== TASK OBJECTIVE ==
In the entries that follow, find each line with the word "written" and copy it.

***

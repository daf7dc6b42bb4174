// What a name has to match.
use crate::pattern::Pattern;
use nextest_filtering_globs::GenericGlob;
use nextest_text::Text;

/// What a name has to match.
#[derive(Debug)]
pub enum NameMatcher {
    /// The name is this text.
    Equal {
        /// The text.
        value: Text,
        /// Whether it was written without its sign `=`.
        implicit: bool,
    },
    /// The name contains this text.
    Contains {
        /// The text.
        value: Text,
        /// Whether it was written without its sign `~`.
        implicit: bool,
    },
    /// The whole name matches this glob.
    Glob {
        /// The glob.
        glob: GenericGlob,
        /// Whether it was written without its sign `#`.
        implicit: bool,
    },
    /// A part of the name matches this regular expression.
    Regex(Pattern),
}

// Code that drops one calls this, and doesn't look into it.
impl Drop for NameMatcher {
    fn drop(self) {
        match self {
            NameMatcher::Equal {
                value: _,
                implicit: _,
            } => {}
            NameMatcher::Contains {
                value: _,
                implicit: _,
            } => {}
            NameMatcher::Glob {
                glob: _,
                implicit: _,
            } => {}
            NameMatcher::Regex(_) => {}
        }
    }
}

***

== ANSWER TO THIS EXERCISE ==
        /// Whether it was written without its sign `=`.
        /// Whether it was written without its sign `~`.
        /// Whether it was written without its sign `#`.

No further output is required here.